This is intended as one of a series of informal documents to describe
and partially document some of the more subtle DMTCP data structures
and algorithms. These documents are snapshots in time, and they
may become somewhat out-of-date over time (and hopefully also refreshed
to re-sync them with the code again).
Recall that a DMTCP computation consists of all processes connected to
a single coordinator. They are checkpointed and restarted as a unit.
Life would be simple if the "closed world assumption" were true: No
process in this closed world refers to any artifact outside of the
closed world. Unfortunately, that is not true. The exceptions must
be handled heuristically on a case-by-case basis. Those heuristically
handled exceptions are documented here. (Heuristics for specific end-user
code can also be added by end users through the use of plugins.)
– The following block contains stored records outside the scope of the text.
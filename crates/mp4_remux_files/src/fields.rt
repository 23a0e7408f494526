//! The fields of a box that lead to bytes of the file, and their numbers after a change.

ghost use Rattle.std.specs.Prelude.{◌≡◌, ◌≤◌, ◌++◌, IfOk, IfSome, OnOk};
ghost use Rattle.mp4_remux_files.specs.Fields.{access_fields, access_stride, auxiliary_by, auxiliary_fields};
ghost use Rattle.mp4_remux_files.specs.Fields.{base_anchor, base_fields, before_count, fields_in, has_fields};
ghost use Rattle.mp4_remux_files.specs.Fields.{top_place_fields};

use crate::field::{Anchor, Field, front, push_each, push_field, push_none};
use crate::fragment::Fragment;
use crate::index::push_index;
use crate::items::push_places;
use crate::numbers::{NoFields, is_flagged, number_at, wide_by};
use crate::shift::Shift;
use mp4_frame::{FourCC, codes};
use mp4_walk::TreeBox;
use std::alloc::Global;

/// Returns the number of bytes of an entry of a `tfra` with times of `width` bytes. `sizes` is the byte with the sizes
/// of its other numbers.
fn access_stride(width: u64, sizes: u64) -> u64
    requires { width ≤ 8 }
    ensures { result ≡ access_stride width sizes }
{
    2 * width + 3 + sizes / 16 % 4 + sizes / 4 % 4 + sizes % 4
}

/// Adds the fields of a `tfra` with the content `bytes`.
fn push_accesses<F: Shift>(fields: &mut Vec<Field>, shift: &F, bytes: &[u8]) -> Result<(), NoFields>
    ensures { OnOk result (fields.new.items ≡ fields.old.items ++ access_fields (F.after shift.now) bytes.now) }
{
    let Some(version) = number_at(bytes, 0, 1) else {
        return Err(NoFields::Unknown);
    };
    let Some(sizes) = number_at(bytes, 11, 1) else {
        return Err(NoFields::Unknown);
    };
    let Some(count) = number_at(bytes, 12, 4) else {
        return Err(NoFields::Unknown);
    };
    let width = wide_by(version);
    let stride = access_stride(width, sizes);
    push_each(
        fields,
        shift,
        front(),
        bytes,
        width,
        stride,
        count,
        16 + width,
    )
}

/// Adds the field of a `tfhd` with the content `bytes`, if it has a base.
fn push_base<F: Shift>(fields: &mut Vec<Field>, shift: &F, bytes: &[u8]) -> Result<(), NoFields>
    ensures { OnOk result (fields.new.items ≡ fields.old.items ++ base_fields (F.after shift.now) bytes.now) }
{
    match is_flagged(bytes) {
        Some(has_base) => {
            if has_base {
                push_field(fields, shift, front(), bytes, 8, 8)
            } else {
                push_none(fields)
            }
        }
        None => Err(NoFields::Unknown),
    }
}

/// Returns the base `base` of a fragment before and after the change, if it is known.
fn base_anchor<F: Shift>(shift: &F, base: u64) -> Option<Anchor>
    ensures { IfSome result (λ a. a ≡ base_anchor (F.after shift.now) base) }
{
    match shift.shifted(base) {
        Some(after) => Some(Anchor {
            before: base,
            after,
        }),
        None => None,
    }
}

/// Returns the number of bytes before the count of a `saio` with the content `bytes`.
fn before_count(bytes: &[u8]) -> Option<u64>
    ensures count { IfSome result (λ n. n ≡ before_count bytes.now) }
    ensures small { IfSome result (λ n. n ≤ 12) }
{
    match is_flagged(bytes) {
        Some(has_type) => { if has_type { Some(12) } else { Some(4) } }
        None => None,
    }
}

/// Adds the fields of a `saio` that count from `anchor`. Its count is at position `at` of `bytes`.
fn push_auxiliary_by<F: Shift>(
    fields: &mut Vec<Field>,
    shift: &F,
    anchor: Anchor,
    bytes: &[u8],
    width: u64,
    at: u64,
) -> Result<(), NoFields>
    requires { at ≤ 12 }
    ensures { OnOk result (fields.new.items
        ≡ fields.old.items ++ auxiliary_by (F.after shift.now) anchor bytes.now width at) }
{
    match number_at(bytes, at, 4) {
        Some(count) => push_each(fields, shift, anchor, bytes, width, width, count, at + 4),
        None => Err(NoFields::Unknown),
    }
}

/// Adds the fields of a `saio` in a fragment with the base `base`. `bytes` are its content.
fn push_auxiliary<F: Shift>(
    fields: &mut Vec<Field>,
    shift: &F,
    base: Option<u64>,
    bytes: &[u8],
) -> Result<(), NoFields>
    ensures { OnOk result (fields.new.items
        ≡ fields.old.items ++ auxiliary_fields (F.after shift.now) base bytes.now) }
{
    let Some(base) = base else {
        return Err(NoFields::Unknown);
    };
    let Some(anchor) = base_anchor(shift, base) else {
        return Err(NoFields::Unknown);
    };
    let Some(version) = number_at(bytes, 0, 1) else {
        return Err(NoFields::Unknown);
    };
    let Some(at) = before_count(bytes) else {
        return Err(NoFields::Unknown);
    };
    push_auxiliary_by(fields, shift, anchor, bytes, wide_by(version), at)
}

/// Returns whether a box with the code of `found` may have fields that lead to bytes of the file, if it is outside the
/// `moov`.
pub fn has_fields(found: &TreeBox) -> bool
    ensures { result ≡ has_fields found.now }
{
    found.has_code(FourCC::from(codes::ILOC))
        || found.has_code(FourCC::from(codes::TFRA))
        || found.has_code(FourCC::from(codes::SAIO))
        || found.has_code(FourCC::from(codes::SIDX))
        || found.has_code(FourCC::from(codes::TFHD))
}

/// Adds the fields of an `iloc` outside the `moov`, with the content `bytes`. Those in a fragment are not known.
fn push_top_places<F: Shift>(
    fields: &mut Vec<Field>,
    shift: &F,
    fragment: Fragment,
    bytes: &[u8],
) -> Result<(), NoFields>
    ensures { OnOk result (fields.new.items
        ≡ fields.old.items ++ top_place_fields (F.after shift.now) fragment bytes.now) }
{
    match fragment.moof {
        Some(_) => Err(NoFields::Unknown),
        None => push_places(fields, shift, bytes),
    }
}

/// Adds the fields of `found`, a box of `fragment` outside the `moov` with the content `bytes`.
fn push_fields<F: Shift>(
    fields: &mut Vec<Field>,
    shift: &F,
    fragment: Fragment,
    bytes: &[u8],
    found: &TreeBox,
) -> Result<(), NoFields>
    ensures { OnOk result (fields.new.items
        ≡ fields.old.items ++ fields_in (F.after shift.now) fragment bytes.now found.now) }
{
    if found.has_code(FourCC::from(codes::ILOC)) {
        return push_top_places(fields, shift, fragment, bytes);
    }
    if found.has_code(FourCC::from(codes::TFRA)) {
        return push_accesses(fields, shift, bytes);
    }
    if found.has_code(FourCC::from(codes::SAIO)) {
        return push_auxiliary(fields, shift, fragment.base, bytes);
    }
    if found.has_code(FourCC::from(codes::SIDX)) {
        return push_index(fields, shift, bytes, found);
    }
    if found.has_code(FourCC::from(codes::TFHD)) {
        return push_base(fields, shift, bytes);
    }
    push_none(fields)
}

/// Returns the fields of `found`, a box of `fragment` outside the `moov` with the content `bytes`.
pub fn fields_in<F: Shift>(
    alloc: Global,
    shift: &F,
    fragment: Fragment,
    bytes: &[u8],
    found: &TreeBox,
) -> Result<Vec<Field>, NoFields>
    ensures { IfOk result
        (λ fields. fields.items ≡ fields_in (F.after shift.now) fragment bytes.now found.now) }
{
    let mut fields = Vec::new(alloc);
    match push_fields(&mut fields, shift, fragment, bytes, found) {
        Ok(()) => Ok(fields),
        Err(fault) => Err(fault),
    }
}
1. Ports to certain protocols are blacklisted. So, they are not drained
on checkpoint, and they are created as dead sockets on restart.
A current list includes:
a. LDAP - port 389, 636
b. DNS - port 53
2. NSCD (Name Service Caching Daemon): Zero out the shared memory area
between the NSCD daemon and the application on checkpoint. On restart
or resume, glibc detects that the area has been zeroed out, and it
stops using the NSCD daemon (presumably under the assumption that the
NSCD daemon died). It makes the related system calls with no cachine.
3. If a file, /proc/PID/xxx is open at checkpoint time, then at restart
time, the open file descriptor must point to the new PID.
4. dmtcp_launch unsets the DISPLAY environment variable, since DMTCP
does not directly support graphics. for this reason, some editors
(vim, emacs) and other programs may lose the use of the mouse.
5. Java: usually runs with no change. For some rare Java implementations,
it may be necessary to run with java -Xmx<size>.
6. GNU screen: this is a setuid process. The user does not have setuid
privileges on restart. So, dmtcp_launch makes a private copy
in $DMTCP_TMPDIR. The private copy has no setuid privilege. DMTCP
runs the private copy with the environment variable
to avoid the default use of /var by screen.